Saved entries

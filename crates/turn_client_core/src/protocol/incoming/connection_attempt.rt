//! The server reports a peer that connected to the relayed address (RFC 6062, section 4.4).

ghost use Rattle.std.specs.Net.Socket.{socket_ip};
ghost use Rattle.std.specs.Prelude.{◌≡◌, is_some, IfOk, IsSome, OnErr, OnOk};
ghost use Rattle.turn_client_api.specs.Connections.{attempt_indicated, attempt_requested, accepts_attempt};
ghost use Rattle.turn_client_api.specs.Effect.{with_offer};
ghost use Rattle.turn_client_api.specs.Grants.{find_allocation_to};
ghost use Rattle.turn_client_api.specs.Requests.{refused_reply, replied};
ghost use Rattle.turn_client_core.specs.Attempts.{CanSign, attempt_step};
ghost use Rattle.turn_client_core.specs.ProtocolRecv.{IsPart, outcome_in};
ghost use Rattle.turn_client_requests.specs.Refused.{code_of, reason_of};
ghost use Rattle.turn_stun.specs.Message.{id_of};
ghost use Rattle.turn_stun.specs.declared.transport.TransportType.TheVariants.{Tcp};

use crate::protocol::TurnClientProtocol;
use crate::protocol_recv::TurnProtocolRecv;
use crate::reply::{connection_id_in, peer_in};
use std::alloc::AllocError;
use std::net::SocketAddr;
use turn_client_api::Origin;
use turn_client_requests::{AttemptRefusal, refused_reply};
use turn_stun::message::Message;
use turn_stun::transaction::TransactionId;
use turn_stun::transport::TransportType;

/// How many offers from indications may exist at a time, since indications are not signed (our choice).
const MAX_INDICATED: usize = 64;

impl TurnClientProtocol {
    /// A request of the server is refused at once, or makes an offer to the caller. Then it is answered
    /// when the caller reports what became of that, unless its allocation or the client has ended (our
    /// choice: RFC 6062 has only an indication).
    ///
    /// # Errors
    ///
    /// If memory allocation fails. Nothing changes then.
    pub(crate) fn attempt_requested(&mut self, message: &Message<'_>) -> Result<(), AllocError>
        requires { CanSign self.old.phase }
        ensures ok { OnOk result (self.new ≡ attempt_requested message.now self.old) }
        ensures err { OnErr result (self.new ≡ self.old) }
    {
        let id = message.transaction_id();
        let Some(connection_id) = connection_id_in(message) else {
            return self.refuse_attempt(AttemptRefusal::BadRequest, id);
        };
        let Some(peer) = peer_in(message) else {
            return self.refuse_attempt(AttemptRefusal::BadRequest, id);
        };
        if !self.relays_to(peer) {
            return self.refuse_attempt(AttemptRefusal::BadRequest, id);
        }
        if self.ledger.table().is_connected(peer) {
            return self.refuse_attempt(AttemptRefusal::ConnectionAlreadyExists, id);
        }
        self.offer(connection_id, peer, Origin::ServerRequest(id))
    }

    /// An indication makes an offer to the caller if it is accepted, and is ignored otherwise. Memory
    /// is allocated only for an offer.
    ///
    /// # Errors
    ///
    /// If memory allocation fails. Nothing changes then.
    pub(crate) fn attempt_indicated(
        &mut self,
        message: &Message<'_>,
    ) -> Result<TurnProtocolRecv, AllocError>
        ensures answer { IfOk result (λ outcome. outcome_in message.now outcome ≡ (attempt_step message.now self.old).0) }
        ensures part { IfOk result (IsPart message.now self.old self.new) }
        ensures after { OnOk result (self.new ≡ (attempt_step message.now self.old).1) }
        ensures err { OnErr result (self.new ≡ self.old) }
        ensures wanted { OnErr result (IsSome (attempt_indicated message.now self.old)) }
    {
        let Some(connection_id) = connection_id_in(message) else {
            return Ok(TurnProtocolRecv::Ignored);
        };
        let Some(peer) = peer_in(message) else {
            return Ok(TurnProtocolRecv::Ignored);
        };
        if !self.accepts_attempt(peer) {
            return Ok(TurnProtocolRecv::Ignored);
        }
        self.offer(connection_id, peer, Origin::ServerIndication)?;
        Ok(TurnProtocolRecv::Handled)
    }

    /// Whether an indication that names this peer makes an offer: only for a peer with a permission, as
    /// RFC 6062, section 4.4, requires, and if no other connection to it exists, is offered or is
    /// pending.
    fn accepts_attempt(&self, peer: SocketAddr) -> bool
        ensures { result ≡ accepts_attempt peer self.now }
    {
        if !self.relays_to(peer) {
            return false;
        }
        if !self.is_permitted(peer) {
            return false;
        }
        if self.ledger.table().is_connected(peer) {
            return false;
        }
        if self.ledger.table().is_connecting(peer) {
            return false;
        }
        self.ledger.table().indicated_count() < MAX_INDICATED
    }

    /// Whether an allocation relays over TCP to the IP address of the peer.
    fn relays_to(&self, peer: SocketAddr) -> bool
        ensures { result ≡ is_some (find_allocation_to Tcp (socket_ip peer) self.now) }
    {
        self.ledger
            .find_allocation_to(TransportType::Tcp, peer.ip())
            .is_some()
    }

    /// Offers the caller a data connection to the peer, with the server's ID of it.
    ///
    /// # Errors
    ///
    /// If memory allocation fails. Nothing changes then.
    fn offer(
        &mut self,
        connection_id: u32,
        peer: SocketAddr,
        origin: Origin,
    ) -> Result<(), AllocError>
        ensures ok { OnOk result (self.new ≡ with_offer connection_id peer origin self.old) }
        ensures err { OnErr result (self.new ≡ self.old) }
    {
        // Keeps the room for the failure events of families that are still requested.
        self.ledger.reserve(1, 0, self.families.len(), 0)?;
        self.ledger.offer(connection_id, peer, origin);
        Ok(())
    }

    /// Refuses the server's request with this ID.
    ///
    /// # Errors
    ///
    /// If memory allocation fails. Nothing changes then.
    fn refuse_attempt(
        &mut self,
        refusal: AttemptRefusal,
        id: TransactionId,
    ) -> Result<(), AllocError>
        requires { CanSign self.old.phase }
        ensures ok { OnOk result (self.new ≡ replied (refused_reply (code_of refusal) (reason_of refusal) self.old id) self.old) }
        ensures err { OnErr result (self.new ≡ self.old) }
    {
        let text = refused_reply(self.alloc, &self.auth, refusal, id)?;
        self.outbox.reply(text)
    }
}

▶ [EXERCISE BRIEF] Please return all of the entries exactly as they were given.

▶ [REPLY TO THE TASK]
filename crates/turn_client_core/src/protocol/incoming/connection_attempt.rt
//! The server reports a peer that connected to the relayed address (RFC 6062, section 4.4).

ghost use Rattle.std.specs.Net.Socket.{socket_ip};
ghost use Rattle.std.specs.Prelude.{◌≡◌, is_some, IfOk, IsSome, OnErr, OnOk};
ghost use Rattle.turn_client_api.specs.Connections.{attempt_indicated, attempt_requested, accepts_attempt};
ghost use Rattle.turn_client_api.specs.Effect.{with_offer};
ghost use Rattle.turn_client_api.specs.Grants.{find_allocation_to};
ghost use Rattle.turn_client_api.specs.Requests.{refused_reply, replied};
ghost use Rattle.turn_client_core.specs.Attempts.{CanSign, attempt_step};
ghost use Rattle.turn_client_core.specs.ProtocolRecv.{IsPart, outcome_in};
ghost use Rattle.turn_client_requests.specs.Refused.{code_of, reason_of};
ghost use Rattle.turn_stun.specs.Message.{id_of};
ghost use Rattle.turn_stun.specs.declared.transport.TransportType.TheVariants.{Tcp};

use crate::protocol::TurnClientProtocol;
use crate::protocol_recv::TurnProtocolRecv;
use crate::reply::{connection_id_in, peer_in};
use std::alloc::AllocError;
use std::net::SocketAddr;
use turn_client_api::Origin;
use turn_client_requests::{AttemptRefusal, refused_reply};
use turn_stun::message::Message;
use turn_stun::transaction::TransactionId;
use turn_stun::transport::TransportType;

/// How many offers from indications may exist at a time, since indications are not signed (our choice).
const MAX_INDICATED: usize = 64;

impl TurnClientProtocol {
    /// A request of the server is refused at once, or makes an offer to the caller. Then it is answered
    /// when the caller reports what became of that, unless its allocation or the client has ended (our
    /// choice: RFC 6062 has only an indication).
    ///
    /// # Errors
    ///
    /// If memory allocation fails. Nothing changes then.
    pub(crate) fn attempt_requested(&mut self, message: &Message<'_>) -> Result<(), AllocError>
        requires { CanSign self.old.phase }
        ensures ok { OnOk result (self.new ≡ attempt_requested message.now self.old) }
        ensures err { OnErr result (self.new ≡ self.old) }
    {
        let id = message.transaction_id();
        let Some(connection_id) = connection_id_in(message) else {
            return self.refuse_attempt(AttemptRefusal::BadRequest, id);
        };
        let Some(peer) = peer_in(message) else {
            return self.refuse_attempt(AttemptRefusal::BadRequest, id);
        };
        if !self.relays_to(peer) {
            return self.refuse_attempt(AttemptRefusal::BadRequest, id);
        }
        if self.ledger.table().is_connected(peer) {
            return self.refuse_attempt(AttemptRefusal::ConnectionAlreadyExists, id);
        }
        self.offer(connection_id, peer, Origin::ServerRequest(id))
    }

    /// An indication makes an offer to the caller if it is accepted, and is ignored otherwise. Memory
    /// is allocated only for an offer.
    ///
    /// # Errors
    ///
    /// If memory allocation fails. Nothing changes then.
    pub(crate) fn attempt_indicated(
        &mut self,
        message: &Message<'_>,
    ) -> Result<TurnProtocolRecv, AllocError>
        ensures answer { IfOk result (λ outcome. outcome_in message.now outcome ≡ (attempt_step message.now self.old).0) }
        ensures part { IfOk result (IsPart message.now self.old self.new) }
        ensures after { OnOk result (self.new ≡ (attempt_step message.now self.old).1) }
        ensures err { OnErr result (self.new ≡ self.old) }
        ensures wanted { OnErr result (IsSome (attempt_indicated message.now self.old)) }
    {
        let Some(connection_id) = connection_id_in(message) else {
            return Ok(TurnProtocolRecv::Ignored);
        };
        let Some(peer) = peer_in(message) else {
            return Ok(TurnProtocolRecv::Ignored);
        };
        if !self.accepts_attempt(peer) {
            return Ok(TurnProtocolRecv::Ignored);
        }
        self.offer(connection_id, peer, Origin::ServerIndication)?;
        Ok(TurnProtocolRecv::Handled)
    }

    /// Whether an indication that names this peer makes an offer: only for a peer with a permission, as
    /// RFC 6062, section 4.4, requires, and if no other connection to it exists, is offered or is
    /// pending.
    fn accepts_attempt(&self, peer: SocketAddr) -> bool
        ensures { result ≡ accepts_attempt peer self.now }
    {
        if !self.relays_to(peer) {
            return false;
        }
        if !self.is_permitted(peer) {
            return false;
        }
        if self.ledger.table().is_connected(peer) {
            return false;
        }
        if self.ledger.table().is_connecting(peer) {
            return false;
        }
        self.ledger.table().indicated_count() < MAX_INDICATED
    }

    /// Whether an allocation relays over TCP to the IP address of the peer.
    fn relays_to(&self, peer: SocketAddr) -> bool
        ensures { result ≡ is_some (find_allocation_to Tcp (socket_ip peer) self.now) }
    {
        self.ledger
            .find_allocation_to(TransportType::Tcp, peer.ip())
            .is_some()
    }

    /// Offers the caller a data connection to the peer, with the server's ID of it.
    ///
    /// # Errors
    ///
    /// If memory allocation fails. Nothing changes then.
    fn offer(
        &mut self,
        connection_id: u32,
        peer: SocketAddr,
        origin: Origin,
    ) -> Result<(), AllocError>
        ensures ok { OnOk result (self.new ≡ with_offer connection_id peer origin self.old) }
        ensures err { OnErr result (self.new ≡ self.old) }
    {
        // Keeps the room for the failure events of families that are still requested.
        self.ledger.reserve(1, 0, self.families.len(), 0)?;
        self.ledger.offer(connection_id, peer, origin);
        Ok(())
    }

    /// Refuses the server's request with this ID.
    ///
    /// # Errors
    ///
    /// If memory allocation fails. Nothing changes then.
    fn refuse_attempt(
        &mut self,
        refusal: AttemptRefusal,
        id: TransactionId,
    ) -> Result<(), AllocError>
        requires { CanSign self.old.phase }
        ensures ok { OnOk result (self.new ≡ replied (refused_reply (code_of refusal) (reason_of refusal) self.old id) self.old) }
        ensures err { OnErr result (self.new ≡ self.old) }
    {
        let text = refused_reply(self.alloc, &self.auth, refusal, id)?;
        self.outbox.reply(text)
    }
}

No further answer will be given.